Uyhazi Katherine E, Binenbaum Gil, Carducci Nicholas, Zackai Elaine H, Aleman Tomas S
a Scheie Eye Institute at the Perelman Center for Advanced Medicine , University of Pennsylvania , Philadelphia , PA , USA.
b Division of Ophthalmology , Children's Hospital of Philadelphia , Philadelphia , PA , USA.
Ophthalmic Genet. 2018 Jun;39(3):399-404. doi: 10.1080/13816810.2018.1459735. Epub 2018 Apr 10.
To describe early structural and functional retinal changes in a patient with Cohen syndrome.
A 13-month-old Caucasian girl of Irish and Spanish ancestry was noted to have micrognathia and laryngomalacia at birth, which prompted a genetic evaluation that revealed biallelic deletions in COH1 (VPS13B) (a maternally inherited 60-kb deletion involving exons 26-32 and a paternally inherited 3.5-kb deletion within exon 17) consistent with Cohen syndrome. She underwent a complete ophthalmic examination, full-field flash electroretinography and retinal imaging with spectral domain optical coherence tomography.

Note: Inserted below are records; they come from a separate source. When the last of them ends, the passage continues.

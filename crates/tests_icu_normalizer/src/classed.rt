//! Decomposed characters with their classes, by a caller as a library above writes it.
ghost use Rattle.std.specs.Prelude.{◌≡◌, IfOk};
ghost use Rattle.icu_normalizer_core.specs.BorrowedMeaning.{borrowed_meaning};
ghost use Rattle.icu_normalizer_core.specs.Canonical.{decomposed};
ghost use Rattle.icu_normalizer_core.specs.Classes.{with_classes};
ghost use Rattle.icu_normalizer_core.specs.Decoding.{utf8_chars};

use icu_normalizer_core::canonical::{CanonicalBorrowed, CanonicalData, CanonicalTables};
use icu_normalizer_core::decoding::decode_utf8;
use samples_icu_normalizer::tables::{PAIRS, STEPS, tables};
use std::alloc::{AllocError, Global};

/// The decomposed characters of a text in UTF-8, each with its class, kept.
fn kept_classes(
    alloc: Global,
    canonical: CanonicalBorrowed<'_>,
    text: &[u8],
) -> Result<Vec<(char, u8)>, AllocError>
    ensures { IfOk result (λ list. list.items ≡ with_classes (borrowed_meaning canonical.entry) (decomposed (borrowed_meaning canonical.entry) (utf8_chars text.now))) }
{
    let mut list = Vec::new(alloc);
    for item in canonical.classed(alloc, decode_utf8(text)) {
        list.push(item?)?;
    }
    Ok(list)
}

/// A text, and its decomposed characters with their classes, which are those of Unicode.
type Row = (&'static str, &'static [(char, u8)]);

/// No character, and a letter; marks in the wrong order, before a syllable; a letter with a mark, before a mark that goes
/// before it; marks that are mapped to marks; more marks than stand without memory, the last of which goes before all others.
const ROWS: [Row; 6] = [
    ("", &[]),
    ("a", &[('a', 0)]),
    (
        "a\u{301}\u{323}\u{ac01}",
        &[
            ('a', 0),
            ('\u{323}', 220),
            ('\u{301}', 230),
            ('\u{1100}', 0),
            ('\u{1161}', 0),
            ('\u{11a8}', 0),
        ],
    ),
    (
        "\u{e1}\u{323}",
        &[('a', 0), ('\u{323}', 220), ('\u{301}', 230)],
    ),
    (
        "\u{344}\u{f73}",
        &[
            ('\u{f71}', 129),
            ('\u{f72}', 130),
            ('\u{308}', 230),
            ('\u{301}', 230),
        ],
    ),
    (
        "\u{301}\u{302}\u{301}\u{302}\u{301}\u{302}\u{301}\u{302}\u{301}\u{302}\u{301}\u{302}\u{301}\u{302}\u{301}\u{302}\u{323}",
        &[
            ('\u{323}', 220),
            ('\u{301}', 230),
            ('\u{302}', 230),
            ('\u{301}', 230),
            ('\u{302}', 230),
            ('\u{301}', 230),
            ('\u{302}', 230),
            ('\u{301}', 230),
            ('\u{302}', 230),
            ('\u{301}', 230),
            ('\u{302}', 230),
            ('\u{301}', 230),
            ('\u{302}', 230),
            ('\u{301}', 230),
            ('\u{302}', 230),
            ('\u{301}', 230),
            ('\u{302}', 230),
        ],
    ),
];

/// Whether a text has these characters and classes.
fn has_row(alloc: Global, canonical: CanonicalBorrowed<'_>, row: Row) -> bool {
    match kept_classes(alloc, canonical, row.0.as_bytes()) {
        Ok(list) => list.as_slice() == row.1,
        Err(_) => false,
    }
}

/// The text of the first row that has others.
fn first_other_row(alloc: Global, canonical: CanonicalBorrowed<'_>) -> Option<&'static str> {
    for row in ROWS {
        if !has_row(alloc, canonical, row) {
            return Some(row.0);
        }
    }
    None
}

/// Whether all rows are right by data of tables.
fn has_rows_by(alloc: Global, tables: CanonicalTables<'_>) -> bool {
    match CanonicalData::try_new(alloc, tables) {
        Ok(data) => first_other_row(alloc, data.as_borrowed()).is_none(),
        Err(_) => false,
    }
}

/// Whether they are by those of the worked rows.
fn has_rows(alloc: Global) -> bool {
    match tables(alloc, &[], &STEPS, &PAIRS) {
        Some(tables) => has_rows_by(alloc, tables),
        None => false,
    }
}

#[test]
fn ok_classed(rt: HostRuntime) {
    assert!(rt; has_rows(rt.alloc()));
}
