//! What the check of canonical tables refuses.

use assertions::assert_same;
use icu_normalizer_core::canonical::{
    CanonicalData, CanonicalDataError, CanonicalFault, CanonicalTables,
};
use icu_packed_vector::PackedVec;
use samples_icu_normalizer::tables::{PAIRS, STEPS, pair, tables};
use std::alloc::Global;

/// Whether tables are refused for this, or accepted where it is `None`.
fn is_judged(alloc: Global, tables: CanonicalTables<'_>, expected: Option<CanonicalFault>) -> bool {
    match CanonicalData::try_new(alloc, tables) {
        Ok(_) => expected.is_none(),
        Err(CanonicalDataError::Fault(fault)) => expected == Some(fault),
        Err(CanonicalDataError::Memory) => false,
    }
}

/// Whether such tables are.
fn are_judged(
    alloc: Global,
    words: &[(u32, u32)],
    steps: &[u32],
    pairs: &[u64],
    expected: Option<CanonicalFault>,
) -> bool {
    match tables(alloc, words, steps, pairs) {
        Some(tables) => is_judged(alloc, tables, expected),
        None => false,
    }
}

/// Words, and what tables with them are refused for.
const WORDS: [((u32, u32), Option<CanonicalFault>); 9] = [
    ((0xe1, 0x180_8061), None),
    ((0xe1, 0xd8ff), Some(CanonicalFault::BadValue('\u{e1}'))),
    ((0xe1, 0), Some(CanonicalFault::BadList('\u{e1}'))),
    ((0xac00, 0), Some(CanonicalFault::BuiltIn('\u{ac00}'))),
    ((0xac01, 0), Some(CanonicalFault::BuiltIn('\u{ac01}'))),
    ((0x10_ffff, 1), Some(CanonicalFault::BadValue('\u{10ffff}'))),
    (
        (0x10_ffff, 0x61),
        Some(CanonicalFault::BadList('\u{10ffff}')),
    ),
    ((0x2ff, 0xd8e6), Some(CanonicalFault::BuiltIn('\u{2ff}'))),
    ((0x308, 0xd8dc), Some(CanonicalFault::BuiltIn('\u{308}'))),
];

/// The first word that is judged otherwise.
fn first_word_judged_otherwise(alloc: Global) -> Option<(u32, u32)> {
    for (word, expected) in WORDS {
        if !are_judged(alloc, &[word], &STEPS, &PAIRS, expected) {
            return Some(word);
        }
    }
    None
}

#[test]
fn words_that_are_refused(rt: HostRuntime) {
    assert_same!(rt; first_word_judged_otherwise(rt.alloc()), None);
}

/// The tables of the worked rows with a word of U+FFFD which says that its list has two characters, where one is left:
/// that which is built in.
fn cut_tables(alloc: Global) -> Option<CanonicalTables<'static>> {
    let mut cut = tables(alloc, &[(0xfffd, 0x1_0001)], &STEPS, &PAIRS)?;
    cut.scalars24 = PackedVec::from_slice(alloc, &['\u{fffd}']).ok()?;
    Some(cut)
}

/// Whether they are refused for this.
fn cut_are_judged(alloc: Global, expected: Option<CanonicalFault>) -> bool {
    match cut_tables(alloc) {
        Some(cut) => is_judged(alloc, cut, expected),
        None => false,
    }
}

#[test]
fn built_in_list_that_ends_outside(rt: HostRuntime) {
    assert!(rt; cut_are_judged(rt.alloc(), Some(CanonicalFault::BuiltIn('\u{fffd}'))));
}

/// Mappings, and what tables with them are refused for.
const MAPPINGS: [(&[u32], CanonicalFault); 4] = [
    (
        &[
            0x61, 0xe1, 0x11_0000, 0xe1, 0x61, 0x301, 0x1ea1, 0x61, 0x323,
        ],
        CanonicalFault::Loop('a'),
    ),
    (
        &[0xe1, 0x61, 0x301, 0x1ea1, 0x61],
        CanonicalFault::BadList('\0'),
    ),
    (
        &[0x1ea1, 0x61, 0x323, 0xe1, 0x61, 0x301],
        CanonicalFault::BadList('\0'),
    ),
    (&[0xe1, 0x61, 0x301], CanonicalFault::BadList('\u{1ea1}')),
];

/// The number of the first of them that are judged otherwise.
fn first_mappings_judged_otherwise(alloc: Global) -> Option<usize> {
    for (number, (steps, expected)) in MAPPINGS.iter().enumerate() {
        if !are_judged(alloc, &[], steps, &PAIRS, Some(*expected)) {
            return Some(number);
        }
    }
    None
}

#[test]
fn mappings_that_are_refused(rt: HostRuntime) {
    assert_same!(rt; first_mappings_judged_otherwise(rt.alloc()), None);
}

/// Pairs that are exchanged, twice the same, of another character, built in, one left out, and the other.
fn pairs_are_judged(alloc: Global) -> bool {
    let other = [PAIRS[0], pair(0x61, 0x323, 0x1ea2)];
    let built_in = [PAIRS[0], pair(0x308, 0x301, 0x344)];
    let order = Some(CanonicalFault::BadPair('\0'));
    has_pairs_judged(alloc, &[PAIRS[1], PAIRS[0]], order)
        && has_pairs_judged(alloc, &[PAIRS[0], PAIRS[0]], order)
        && has_pairs_judged(alloc, &other, Some(CanonicalFault::BadPair('\u{1ea2}')))
        && has_pairs_judged(alloc, &built_in, Some(CanonicalFault::BadPair('\u{344}')))
        && has_pairs_judged(alloc, &PAIRS[1..], Some(CanonicalFault::BadPair('\u{e1}')))
        && has_pairs_judged(alloc, &PAIRS[..1], None)
}

/// Whether tables with these pairs are refused for this, or accepted where it is `None`.
fn has_pairs_judged(alloc: Global, pairs: &[u64], expected: Option<CanonicalFault>) -> bool {
    are_judged(alloc, &[], &STEPS, pairs, expected)
}

#[test]
fn pairs_that_are_refused(rt: HostRuntime) {
    assert!(rt; pairs_are_judged(rt.alloc()));
}

/// Whether tables are accepted, `None` where memory is refused.
fn is_accepted(alloc: Global, tables: CanonicalTables<'_>) -> Option<bool> {
    match CanonicalData::try_new(alloc, tables) {
        Ok(_) => Some(true),
        Err(CanonicalDataError::Fault(_)) => Some(false),
        Err(CanonicalDataError::Memory) => None,
    }
}

/// Whether such tables are.
fn are_accepted(alloc: Global, words: &[(u32, u32)], steps: &[u32], pairs: &[u64]) -> Option<bool> {
    is_accepted(alloc, tables(alloc, words, steps, pairs)?)
}

/// The first bit of a word of which it isn't so that the word is refused when it is inverted, if it is one of the 30 that
/// say something, and accepted if not.
fn first_bit_judged_otherwise(alloc: Global, code_point: u32, word: u32) -> Option<u32> {
    for bit in 0..32u32 {
        let damaged = (code_point, word ^ (1 << bit));
        if are_accepted(alloc, &[damaged], &STEPS, &PAIRS) != Some(bit >= 30) {
            return Some(bit);
        }
    }
    None
}

#[test]
fn words_with_a_bit_inverted(rt: HostRuntime) {
    for (code_point, word) in [(0x61, 0), (0xe1, 0x180_8061), (0x301, 0xd8e6), (0xac00, 1)] {
        assert_same!(rt; first_bit_judged_otherwise(rt.alloc(), code_point, word), None);
    }
}

/// Whether tables are refused where this bit of this number of the mappings is inverted.
fn is_step_refused(alloc: Global, index: usize, bit: u32) -> bool {
    let mut steps = STEPS;
    if let Some(step) = steps.get_mut(index) {
        *step ^= 1u32.wrapping_shl(bit);
    }
    are_accepted(alloc, &[], &steps, &PAIRS) == Some(false)
}

/// Whether they are for each number and bit.
fn each_step_counts(alloc: Global) -> bool {
    for index in 0..6 {
        for bit in 0..32u32 {
            if !is_step_refused(alloc, index, bit) {
                return false;
            }
        }
    }
    true
}

#[test]
fn mappings_with_a_bit_inverted(rt: HostRuntime) {
    assert!(rt; each_step_counts(rt.alloc()));
}

/// Whether tables are refused where this bit of this pair is inverted.
fn is_pair_refused(alloc: Global, index: usize, bit: u32) -> bool {
    let mut pairs = PAIRS;
    if let Some(pair) = pairs.get_mut(index) {
        *pair ^= 1u64.wrapping_shl(bit);
    }
    are_accepted(alloc, &[], &STEPS, &pairs) == Some(false)
}

/// Whether they are for each pair and bit.
fn each_pair_counts(alloc: Global) -> bool {
    for index in 0..2 {
        for bit in 0..64u32 {
            if !is_pair_refused(alloc, index, bit) {
                return false;
            }
        }
    }
    true
}

#[test]
fn pairs_with_a_bit_inverted(rt: HostRuntime) {
    assert!(rt; each_pair_counts(rt.alloc()));
}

Central vision was central, steady, and maintained. There was bilateral myopic astigmatic refractive error. Fundus exam was notable for dark foveolar pigmentation, but no obvious abnormalities of either eye. Spectral domain optical coherence tomography cross sections through the fovea revealed a normal appearing photoreceptor outer nuclear layer but loss of the interdigitation signal between the photoreceptor outer segments and the apical retinal pigment epithelium. Retinoschisis involving the inner nuclear layer of both eyes and possible ganglion cell layer thinning were also noted. There was a detectable electroretinogram with similarly reduced amplitudes of rod- (white, 0.01 cd.s.m) and cone-mediated (3 cd.s.m, 30 Hz) responses.

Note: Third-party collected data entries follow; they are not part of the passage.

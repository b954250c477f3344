//! Canonical tables from a provider, not yet checked, and compatibility data.

use icu_normalizer_core::canonical::FullList;
use icu_normalizer_core::provider::{load_canonical, load_compatibility_data};
use samples_icu_normalizer::held::{Held, with_compatibility};
use std::alloc::Global;

/// Whether the canonical tables of a provider are those of the worked rows.
fn loads_canonical(alloc: Global, held: &Held<'_>) -> bool {
    match load_canonical(alloc, held) {
        Ok(tables) => {
            tables.steps.get(0) == Some(0xe1)
                && tables.steps.len() == 6
                && tables.pairs.len() == 2
                && tables.trie.get('\u{301}') == 0xd8e6
        }
        Err(_) => false,
    }
}

/// Whether a list has one character, this.
fn is_one(list: FullList<'_>, expected: char) -> bool {
    let mut list = list;
    list.next() == Some(expected) && list.next().is_none()
}

/// Whether the compatibility data of a provider map a space, and have canonical data beneath.
fn loads_compatibility(alloc: Global, held: &Held<'_>) -> bool {
    match load_compatibility_data(alloc, held) {
        Ok(data) => {
            let borrowed = data.as_borrowed();
            is_one(borrowed.full_list('\u{a0}'), ' ')
                && is_one(borrowed.canonical().full_list('\u{a0}'), '\u{a0}')
        }
        Err(_) => false,
    }
}

/// Whether the provider of canonical and compatibility tables is loaded from by a call.
fn is_loaded(alloc: Global, is_canonical: bool) -> bool {
    match with_compatibility(alloc) {
        Some(held) if is_canonical => loads_canonical(alloc, &held),
        Some(held) => loads_compatibility(alloc, &held),
        None => false,
    }
}

#[test]
fn ok_load_canonical(rt: HostRuntime) {
    assert!(rt; is_loaded(rt.alloc(), true));
}

#[test]
fn ok_load_compatibility_data(rt: HostRuntime) {
    assert!(rt; is_loaded(rt.alloc(), false));
}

Photoreceptor outer segment abnormalities and retinoschisis may represent the earliest structural retinal change detected by spectral domain optical coherence tomography in patients with Cohen syndrome, suggesting a complex pathophysiology with primary involvement of the photoreceptor cilium and disorganization of the structural integrity of the inner retina.
描述一名科恩综合征患者早期视网膜的结构和功能变化。
一名13个月大、具有爱尔兰和西班牙血统的白种女孩在出生时被发现有小颌畸形和喉软化症,这促使进行了基因评估,结果显示COH1(VPS13B)基因存在双等位基因缺失(一个母系遗传的60 kb缺失,涉及外显子26 - 32,以及一个父系遗传的外显子17内3.5 kb的缺失),符合科恩综合征。她接受了全面的眼科检查、全视野闪光视网膜电图检查以及使用光谱域光学相干断层扫描的视网膜成像检查。
中心视力居中、稳定且保持良好。存在双侧近视散光屈光不正。眼底检查可见中央凹色素沉着较深,但双眼无明显异常。通过中央凹的光谱域光学相干断层扫描横截面显示,光感受器外核层外观正常,但光感受器外段与视网膜色素上皮顶端之间的指状交叉信号缺失。还发现双眼视网膜内层劈裂以及可能的神经节细胞层变薄。视网膜电图可检测到,其中视杆细胞介导的反应(白光,0.01 cd.s.m)和视锥细胞介导的反应(3 cd.s.m,30 Hz)的振幅同样降低。
光感受器外段异常和视网膜内层劈裂可能是光谱域光学相干断层扫描在科恩综合征患者中检测到的最早视网膜结构变化,提示其病理生理过程复杂,主要涉及光感受器纤毛以及视网膜内层结构完整性的紊乱。